TASK DIRECTIONS
Character for character, write out the data below.

(Saved data entries)
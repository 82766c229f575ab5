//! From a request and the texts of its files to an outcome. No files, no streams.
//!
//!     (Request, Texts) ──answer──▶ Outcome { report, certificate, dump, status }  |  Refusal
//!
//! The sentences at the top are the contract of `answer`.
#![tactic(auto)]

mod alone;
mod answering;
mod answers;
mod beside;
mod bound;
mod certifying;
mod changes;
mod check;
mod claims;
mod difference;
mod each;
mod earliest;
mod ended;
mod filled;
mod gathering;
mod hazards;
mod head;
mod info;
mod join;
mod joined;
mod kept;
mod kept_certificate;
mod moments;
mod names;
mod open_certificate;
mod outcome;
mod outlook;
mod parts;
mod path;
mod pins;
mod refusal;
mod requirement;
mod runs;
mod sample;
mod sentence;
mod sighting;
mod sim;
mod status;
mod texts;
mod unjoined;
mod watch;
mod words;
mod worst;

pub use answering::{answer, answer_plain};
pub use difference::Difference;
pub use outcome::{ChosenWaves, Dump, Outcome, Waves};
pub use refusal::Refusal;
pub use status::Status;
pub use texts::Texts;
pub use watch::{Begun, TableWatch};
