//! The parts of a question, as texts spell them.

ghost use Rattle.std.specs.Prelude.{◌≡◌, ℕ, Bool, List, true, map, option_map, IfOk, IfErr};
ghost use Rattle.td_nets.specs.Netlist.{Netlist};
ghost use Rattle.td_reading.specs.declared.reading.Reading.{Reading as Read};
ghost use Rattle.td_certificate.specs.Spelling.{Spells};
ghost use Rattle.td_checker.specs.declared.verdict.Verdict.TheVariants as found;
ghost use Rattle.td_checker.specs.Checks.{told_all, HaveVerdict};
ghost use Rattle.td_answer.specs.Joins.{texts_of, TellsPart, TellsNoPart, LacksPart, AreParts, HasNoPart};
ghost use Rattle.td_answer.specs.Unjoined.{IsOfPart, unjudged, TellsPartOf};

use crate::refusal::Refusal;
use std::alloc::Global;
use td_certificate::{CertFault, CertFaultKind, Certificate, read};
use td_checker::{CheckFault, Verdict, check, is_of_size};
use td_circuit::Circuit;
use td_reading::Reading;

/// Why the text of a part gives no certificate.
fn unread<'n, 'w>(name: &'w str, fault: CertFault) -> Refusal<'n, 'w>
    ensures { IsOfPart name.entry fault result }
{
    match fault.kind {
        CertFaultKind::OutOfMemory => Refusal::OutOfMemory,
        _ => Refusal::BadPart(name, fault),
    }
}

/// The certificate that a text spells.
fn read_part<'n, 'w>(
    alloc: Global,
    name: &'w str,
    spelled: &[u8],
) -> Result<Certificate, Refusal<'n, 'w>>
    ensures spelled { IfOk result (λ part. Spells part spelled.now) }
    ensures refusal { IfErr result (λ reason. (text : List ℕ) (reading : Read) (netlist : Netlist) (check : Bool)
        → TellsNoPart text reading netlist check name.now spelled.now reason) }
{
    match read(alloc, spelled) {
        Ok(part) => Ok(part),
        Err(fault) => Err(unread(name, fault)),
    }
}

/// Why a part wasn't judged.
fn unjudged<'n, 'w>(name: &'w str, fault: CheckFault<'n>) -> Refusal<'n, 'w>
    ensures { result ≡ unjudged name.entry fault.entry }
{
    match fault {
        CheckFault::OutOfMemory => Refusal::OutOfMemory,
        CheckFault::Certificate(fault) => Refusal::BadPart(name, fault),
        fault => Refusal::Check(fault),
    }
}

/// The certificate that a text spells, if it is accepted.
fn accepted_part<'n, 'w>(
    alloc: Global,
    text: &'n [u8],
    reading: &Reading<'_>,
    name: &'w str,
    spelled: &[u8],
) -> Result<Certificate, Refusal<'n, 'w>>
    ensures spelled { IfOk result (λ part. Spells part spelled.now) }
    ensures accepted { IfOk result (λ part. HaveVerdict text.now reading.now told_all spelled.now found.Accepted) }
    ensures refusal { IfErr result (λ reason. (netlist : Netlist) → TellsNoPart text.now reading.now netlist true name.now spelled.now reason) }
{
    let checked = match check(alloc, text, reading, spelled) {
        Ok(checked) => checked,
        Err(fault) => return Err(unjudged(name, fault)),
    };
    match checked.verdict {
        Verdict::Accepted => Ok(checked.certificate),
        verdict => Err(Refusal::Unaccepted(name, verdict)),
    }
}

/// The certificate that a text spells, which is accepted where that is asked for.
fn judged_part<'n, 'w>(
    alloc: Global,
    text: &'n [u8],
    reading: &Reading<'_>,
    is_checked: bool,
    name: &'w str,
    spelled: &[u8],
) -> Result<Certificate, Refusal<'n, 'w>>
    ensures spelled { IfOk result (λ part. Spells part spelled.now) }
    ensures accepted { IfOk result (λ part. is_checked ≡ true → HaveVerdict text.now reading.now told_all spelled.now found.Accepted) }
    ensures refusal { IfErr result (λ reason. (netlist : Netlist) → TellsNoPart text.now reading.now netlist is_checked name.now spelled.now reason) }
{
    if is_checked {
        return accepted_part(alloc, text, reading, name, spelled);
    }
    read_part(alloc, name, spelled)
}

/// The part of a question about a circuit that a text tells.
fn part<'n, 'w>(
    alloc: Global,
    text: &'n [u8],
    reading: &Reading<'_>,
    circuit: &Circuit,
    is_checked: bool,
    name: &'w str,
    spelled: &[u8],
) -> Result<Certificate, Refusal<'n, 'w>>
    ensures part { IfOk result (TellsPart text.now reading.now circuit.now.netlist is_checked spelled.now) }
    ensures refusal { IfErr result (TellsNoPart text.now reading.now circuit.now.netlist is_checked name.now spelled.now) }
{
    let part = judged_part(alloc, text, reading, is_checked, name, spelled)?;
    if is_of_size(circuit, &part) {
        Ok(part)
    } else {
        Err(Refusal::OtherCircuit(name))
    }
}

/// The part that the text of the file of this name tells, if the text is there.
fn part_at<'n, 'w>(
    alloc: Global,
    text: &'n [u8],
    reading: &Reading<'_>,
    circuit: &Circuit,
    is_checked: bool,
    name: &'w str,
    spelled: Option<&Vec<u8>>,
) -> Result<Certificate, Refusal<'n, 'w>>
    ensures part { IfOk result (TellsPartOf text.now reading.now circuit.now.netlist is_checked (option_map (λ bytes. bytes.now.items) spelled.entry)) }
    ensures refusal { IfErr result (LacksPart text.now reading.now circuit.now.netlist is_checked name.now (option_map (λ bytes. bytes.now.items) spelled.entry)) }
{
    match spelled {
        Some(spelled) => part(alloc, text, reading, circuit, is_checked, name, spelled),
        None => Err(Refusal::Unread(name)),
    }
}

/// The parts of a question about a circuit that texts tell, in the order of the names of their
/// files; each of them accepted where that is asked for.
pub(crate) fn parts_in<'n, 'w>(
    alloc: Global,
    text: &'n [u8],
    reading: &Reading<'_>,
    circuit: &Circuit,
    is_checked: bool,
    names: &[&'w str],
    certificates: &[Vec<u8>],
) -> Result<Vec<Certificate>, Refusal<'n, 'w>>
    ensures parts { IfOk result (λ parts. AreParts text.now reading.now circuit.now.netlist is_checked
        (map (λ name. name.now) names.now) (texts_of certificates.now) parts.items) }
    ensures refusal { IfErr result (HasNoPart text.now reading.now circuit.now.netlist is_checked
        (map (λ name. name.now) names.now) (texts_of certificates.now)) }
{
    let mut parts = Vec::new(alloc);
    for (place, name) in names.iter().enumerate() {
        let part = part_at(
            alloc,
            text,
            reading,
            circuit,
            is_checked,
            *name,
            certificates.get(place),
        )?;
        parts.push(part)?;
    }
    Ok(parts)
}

EXERCISE RESULT
repository 82766c229f575ab5
//! From a request and the texts of its files to an outcome. No files, no streams.
//!
//!     (Request, Texts) ──answer──▶ Outcome { report, certificate, dump, status }  |  Refusal
//!
//! The sentences at the top are the contract of `answer`.
#![tactic(auto)]

mod alone;
mod answering;
mod answers;
mod beside;
mod bound;
mod certifying;
mod changes;
mod check;
mod claims;
mod difference;
mod each;
mod earliest;
mod ended;
mod filled;
mod gathering;
mod hazards;
mod head;
mod info;
mod join;
mod joined;
mod kept;
mod kept_certificate;
mod moments;
mod names;
mod open_certificate;
mod outcome;
mod outlook;
mod parts;
mod path;
mod pins;
mod refusal;
mod requirement;
mod runs;
mod sample;
mod sentence;
mod sighting;
mod sim;
mod status;
mod texts;
mod unjoined;
mod watch;
mod words;
mod worst;

pub use answering::{answer, answer_plain};
pub use difference::Difference;
pub use outcome::{ChosenWaves, Dump, Outcome, Waves};
pub use refusal::Refusal;
pub use status::Status;
pub use texts::Texts;
pub use watch::{Begun, TableWatch};
//! The parts of a question, as texts spell them.

ghost use Rattle.std.specs.Prelude.{◌≡◌, ℕ, Bool, List, true, map, option_map, IfOk, IfErr};
ghost use Rattle.td_nets.specs.Netlist.{Netlist};
ghost use Rattle.td_reading.specs.declared.reading.Reading.{Reading as Read};
ghost use Rattle.td_certificate.specs.Spelling.{Spells};
ghost use Rattle.td_checker.specs.declared.verdict.Verdict.TheVariants as found;
ghost use Rattle.td_checker.specs.Checks.{told_all, HaveVerdict};
ghost use Rattle.td_answer.specs.Joins.{texts_of, TellsPart, TellsNoPart, LacksPart, AreParts, HasNoPart};
ghost use Rattle.td_answer.specs.Unjoined.{IsOfPart, unjudged, TellsPartOf};

use crate::refusal::Refusal;
use std::alloc::Global;
use td_certificate::{CertFault, CertFaultKind, Certificate, read};
use td_checker::{CheckFault, Verdict, check, is_of_size};
use td_circuit::Circuit;
use td_reading::Reading;

/// Why the text of a part gives no certificate.
fn unread<'n, 'w>(name: &'w str, fault: CertFault) -> Refusal<'n, 'w>
    ensures { IsOfPart name.entry fault result }
{
    match fault.kind {
        CertFaultKind::OutOfMemory => Refusal::OutOfMemory,
        _ => Refusal::BadPart(name, fault),
    }
}

/// The certificate that a text spells.
fn read_part<'n, 'w>(
    alloc: Global,
    name: &'w str,
    spelled: &[u8],
) -> Result<Certificate, Refusal<'n, 'w>>
    ensures spelled { IfOk result (λ part. Spells part spelled.now) }
    ensures refusal { IfErr result (λ reason. (text : List ℕ) (reading : Read) (netlist : Netlist) (check : Bool)
        → TellsNoPart text reading netlist check name.now spelled.now reason) }
{
    match read(alloc, spelled) {
        Ok(part) => Ok(part),
        Err(fault) => Err(unread(name, fault)),
    }
}

/// Why a part wasn't judged.
fn unjudged<'n, 'w>(name: &'w str, fault: CheckFault<'n>) -> Refusal<'n, 'w>
    ensures { result ≡ unjudged name.entry fault.entry }
{
    match fault {
        CheckFault::OutOfMemory => Refusal::OutOfMemory,
        CheckFault::Certificate(fault) => Refusal::BadPart(name, fault),
        fault => Refusal::Check(fault),
    }
}

/// The certificate that a text spells, if it is accepted.
fn accepted_part<'n, 'w>(
    alloc: Global,
    text: &'n [u8],
    reading: &Reading<'_>,
    name: &'w str,
    spelled: &[u8],
) -> Result<Certificate, Refusal<'n, 'w>>
    ensures spelled { IfOk result (λ part. Spells part spelled.now) }
    ensures accepted { IfOk result (λ part. HaveVerdict text.now reading.now told_all spelled.now found.Accepted) }
    ensures refusal { IfErr result (λ reason. (netlist : Netlist) → TellsNoPart text.now reading.now netlist true name.now spelled.now reason) }
{
    let checked = match check(alloc, text, reading, spelled) {
        Ok(checked) => checked,
        Err(fault) => return Err(unjudged(name, fault)),
    };
    match checked.verdict {
        Verdict::Accepted => Ok(checked.certificate),
        verdict => Err(Refusal::Unaccepted(name, verdict)),
    }
}

/// The certificate that a text spells, which is accepted where that is asked for.
fn judged_part<'n, 'w>(
    alloc: Global,
    text: &'n [u8],
    reading: &Reading<'_>,
    is_checked: bool,
    name: &'w str,
    spelled: &[u8],
) -> Result<Certificate, Refusal<'n, 'w>>
    ensures spelled { IfOk result (λ part. Spells part spelled.now) }
    ensures accepted { IfOk result (λ part. is_checked ≡ true → HaveVerdict text.now reading.now told_all spelled.now found.Accepted) }
    ensures refusal { IfErr result (λ reason. (netlist : Netlist) → TellsNoPart text.now reading.now netlist is_checked name.now spelled.now reason) }
{
    if is_checked {
        return accepted_part(alloc, text, reading, name, spelled);
    }
    read_part(alloc, name, spelled)
}

/// The part of a question about a circuit that a text tells.
fn part<'n, 'w>(
    alloc: Global,
    text: &'n [u8],
    reading: &Reading<'_>,
    circuit: &Circuit,
    is_checked: bool,
    name: &'w str,
    spelled: &[u8],
) -> Result<Certificate, Refusal<'n, 'w>>
    ensures part { IfOk result (TellsPart text.now reading.now circuit.now.netlist is_checked spelled.now) }
    ensures refusal { IfErr result (TellsNoPart text.now reading.now circuit.now.netlist is_checked name.now spelled.now) }
{
    let part = judged_part(alloc, text, reading, is_checked, name, spelled)?;
    if is_of_size(circuit, &part) {
        Ok(part)
    } else {
        Err(Refusal::OtherCircuit(name))
    }
}

/// The part that the text of the file of this name tells, if the text is there.
fn part_at<'n, 'w>(
    alloc: Global,
    text: &'n [u8],
    reading: &Reading<'_>,
    circuit: &Circuit,
    is_checked: bool,
    name: &'w str,
    spelled: Option<&Vec<u8>>,
) -> Result<Certificate, Refusal<'n, 'w>>
    ensures part { IfOk result (TellsPartOf text.now reading.now circuit.now.netlist is_checked (option_map (λ bytes. bytes.now.items) spelled.entry)) }
    ensures refusal { IfErr result (LacksPart text.now reading.now circuit.now.netlist is_checked name.now (option_map (λ bytes. bytes.now.items) spelled.entry)) }
{
    match spelled {
        Some(spelled) => part(alloc, text, reading, circuit, is_checked, name, spelled),
        None => Err(Refusal::Unread(name)),
    }
}

/// The parts of a question about a circuit that texts tell, in the order of the names of their
/// files; each of them accepted where that is asked for.
pub(crate) fn parts_in<'n, 'w>(
    alloc: Global,
    text: &'n [u8],
    reading: &Reading<'_>,
    circuit: &Circuit,
    is_checked: bool,
    names: &[&'w str],
    certificates: &[Vec<u8>],
) -> Result<Vec<Certificate>, Refusal<'n, 'w>>
    ensures parts { IfOk result (λ parts. AreParts text.now reading.now circuit.now.netlist is_checked
        (map (λ name. name.now) names.now) (texts_of certificates.now) parts.items) }
    ensures refusal { IfErr result (HasNoPart text.now reading.now circuit.now.netlist is_checked
        (map (λ name. name.now) names.now) (texts_of certificates.now)) }
{
    let mut parts = Vec::new(alloc);
    for (place, name) in names.iter().enumerate() {
        let part = part_at(
            alloc,
            text,
            reading,
            circuit,
            is_checked,
            *name,
            certificates.get(place),
        )?;
        parts.push(part)?;
    }
    Ok(parts)
}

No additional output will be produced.